Я ему поверила: не хулиган и не пьяный. Я попросила его отвернуться, накинула халат, нашарила туфли. Пошла к проводнику, взяла два стакана чая, два пакетика с сахаром и два с сухарями. Мы сели за столик у окна друг против друга. Начал он свою историю крупным шепотом, а потом в полный голос:
— Знаете, что в Симферополе случилось? Нету больше в Симферополе правды! Честнейших хлопцев поарестовали. — Замолк. Зарыдал. — И порасстреляли… Нету больше в Симферополе правды.

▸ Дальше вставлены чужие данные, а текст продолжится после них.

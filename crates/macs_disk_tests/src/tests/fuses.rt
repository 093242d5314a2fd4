//! A disk behind a fuse: stopped after each call of a story, and with one call that fails.

use super::Call::{Fill, Read, Sync};
use super::Step::{Crash, Find, Tear};
use super::{Call, Found, blank, full, make, make_all, play, stopped, take};
use macs_disk::{Fuse, MemDisk, SectorDisk};
use std::process::Abort;

const STORY: &[Call] = &[
    Fill(0, 1),
    Sync,
    Fill(0, 2),
    Fill(1, 3),
    Sync,
    Fill(1, 4),
    Read(0, 2),
];

/// What is found of sectors 0 and 1 after so many calls of the story, and what a power loss then
/// leaves in the second one, where 9 is chosen for it.
const AFTER: [(Found, Found, u8); 9] = [
    ((0, 0, false), (0, 0, false), 0),
    ((1, 0, true), (0, 0, false), 0),
    ((1, 1, false), (0, 0, false), 0),
    ((2, 1, true), (0, 0, false), 0),
    ((2, 1, true), (3, 0, true), 9),
    ((2, 2, false), (3, 3, false), 3),
    ((2, 2, false), (4, 3, true), 9),
    ((2, 2, false), (4, 3, true), 9),
    ((2, 2, false), (4, 3, true), 9),
];

/// What is found of both sectors, and whether the second one is pending: 9 is chosen for it then.
fn stand(rt: &impl Abort, disk: &mut MemDisk, first: Found, second: Found) {
    let pending = second.2;
    play(
        rt,
        disk,
        &[Find(0, first), Find(1, second), Tear(1, 9, pending)],
    );
}

/// What a power loss leaves of them.
fn remain(rt: &impl Abort, disk: &mut MemDisk, first: u8, second: u8) {
    let story = [
        Crash,
        Find(0, (first, first, false)),
        Find(1, (second, second, false)),
    ];
    play(rt, disk, &story);
}

#[test]
fn a_fuse_stops_a_story_at_each_call(rt: HostRuntime) {
    for (calls, (first, second, left)) in AFTER.into_iter().enumerate() {
        let mut disk = stopped(&rt, blank(&rt, rt.alloc(), 2), STORY, calls);
        stand(&rt, &mut disk, first, second);
        remain(&rt, &mut disk, first.0, left);
    }
}

/// What a write that fails leaves in its sector.
const LEFT: u8 = 9;

/// Which call fails, the calls, and what is found of sectors 0 and 1 afterwards.
const BLOWN: [(usize, [Call; 3], Found, Found); 11] = [
    (
        0,
        [Fill(0, 1), Read(0, 9), Sync],
        (9, 9, false),
        (0, 0, false),
    ),
    (
        1,
        [Fill(1, 1), Fill(0, 2), Read(1, 1)],
        (9, 0, true),
        (1, 0, true),
    ),
    (
        2,
        [Fill(0, 1), Sync, Fill(0, 2)],
        (9, 1, true),
        (0, 0, false),
    ),
    (
        0,
        [Sync, Fill(0, 1), Read(0, 1)],
        (1, 0, true),
        (0, 0, false),
    ),
    (
        1,
        [Fill(0, 1), Sync, Fill(1, 2)],
        (1, 0, true),
        (2, 0, true),
    ),
    (
        2,
        [Fill(0, 1), Fill(1, 2), Sync],
        (1, 0, true),
        (2, 0, true),
    ),
    (1, [Fill(0, 1), Sync, Sync], (1, 1, false), (0, 0, false)),
    (
        0,
        [Read(0, 0), Fill(0, 1), Sync],
        (1, 1, false),
        (0, 0, false),
    ),
    (
        1,
        [Fill(0, 1), Read(0, 1), Sync],
        (1, 1, false),
        (0, 0, false),
    ),
    (
        2,
        [Fill(0, 1), Sync, Read(0, 1)],
        (1, 1, false),
        (0, 0, false),
    ),
    (
        3,
        [Fill(0, 1), Sync, Fill(0, 2)],
        (2, 1, true),
        (0, 0, false),
    ),
];

/// Makes calls of a disk behind a fuse that fails one of them, and gives the disk back.
fn blown<D: SectorDisk>(rt: &impl Abort, disk: D, calls: [Call; 3], failing: usize) -> D {
    let mut fuse = Fuse::once(disk, failing as u64, full(LEFT));
    make_all(rt, &mut fuse, &calls, failing..failing.saturating_add(1));
    fuse.into_inner()
}

#[test]
fn a_fuse_fails_one_call_of_each_kind(rt: HostRuntime) {
    for (failing, calls, first, second) in BLOWN {
        let mut disk = blown(&rt, blank(&rt, rt.alloc(), 2), calls, failing);
        play(&rt, &mut disk, &[Find(0, first), Find(1, second)]);
    }
}

/// What a write that the fuse behind the other one fails leaves in its sector.
const LEFT_BEHIND: u8 = 8;

/// After how many calls each of two fuses fails one, the calls of both and which of them are done,
/// and what is found of the sector.
const TWICE_BLOWN: [(u64, u64, [(Call, bool); 4], Found); 4] = [
    (
        2,
        1,
        [
            (Fill(0, 1), true),
            (Fill(0, 2), false),
            (Fill(0, 3), false),
            (Read(0, 9), true),
        ],
        (9, 0, true),
    ),
    (
        1,
        1,
        [
            (Fill(0, 1), true),
            (Fill(0, 2), false),
            (Read(0, 8), true),
            (Sync, true),
        ],
        (8, 8, false),
    ),
    (
        0,
        1,
        [
            (Sync, false),
            (Fill(0, 1), true),
            (Fill(0, 2), false),
            (Read(0, 8), true),
        ],
        (8, 0, true),
    ),
    (
        1,
        2,
        [
            (Fill(0, 1), true),
            (Read(0, 1), false),
            (Sync, true),
            (Sync, false),
        ],
        (1, 1, false),
    ),
];

/// Makes calls of a disk, each of which is done or not.
fn make_each<D: SectorDisk>(rt: &impl Abort, disk: &mut D, calls: [(Call, bool); 4]) {
    for (call, done) in calls {
        assert!(rt; make(rt, disk, call).is_ok() == done);
    }
}

/// Makes calls of a disk behind two fuses, and gives the disk back.
fn twice_blown<D: SectorDisk>(
    rt: &impl Abort,
    disk: D,
    front: u64,
    behind: u64,
    calls: [(Call, bool); 4],
) -> D {
    let inner = Fuse::once(disk, behind, full(LEFT_BEHIND));
    let mut fuse = Fuse::once(inner, front, full(LEFT));
    make_each(rt, &mut fuse, calls);
    fuse.into_inner().into_inner()
}

#[test]
fn two_fuses_fail_one_call_each(rt: HostRuntime) {
    for (front, behind, calls, found) in TWICE_BLOWN {
        let disk = blank(&rt, rt.alloc(), 1);
        let mut disk = twice_blown(&rt, disk, front, behind, calls);
        take(&rt, &mut disk, Find(0, found));
    }
}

Он ехал в Москву, в Кремль, сообщить эту чудовищную новость лично Иосифу Виссарионовичу, а если к Сталину не допустят, то по крайней мере кому-нибудь из членов Политбюро. Он — член партии со времен Гражданской войны, теперь начальник мебельной фабрики. Всех его лучших друзей посадили. Он прочел мне письмо, которое вез Сталину, где перечислялись доблести погибших друзей. (В общем, очень похожее на наше с Зоей — Ежову, только составлено менее интеллигентно.) Он прервал чтение, снова обхватил лицо руками и снова зарыдал. Стереотипы местной газетенки: «ныне разоблаченный враг народа Семен Олейник», или «подлый диверсант Осип Карачун» он почти не в силах был выговорить. Он задыхался, как от приступов астмы, и, призывая погибших друзей в свидетели, выкрикивал зычным голосом: «Семен!», «Оська!». Меня сотрясала жалость. Это был брат мой, мне хотелось утешить его, оберечь, спасти. Если он начнет рваться в Кремль или выслеживать сталинскую машину, как он собирался, его непременно возьмут. И убьют. Надо было объяснить ему, втолковать: не в одном лишь Симферополе и не с сегодняшнего только дня нет правды. Но послужит ли это ему утешением? И предостережением? И какие найти слова?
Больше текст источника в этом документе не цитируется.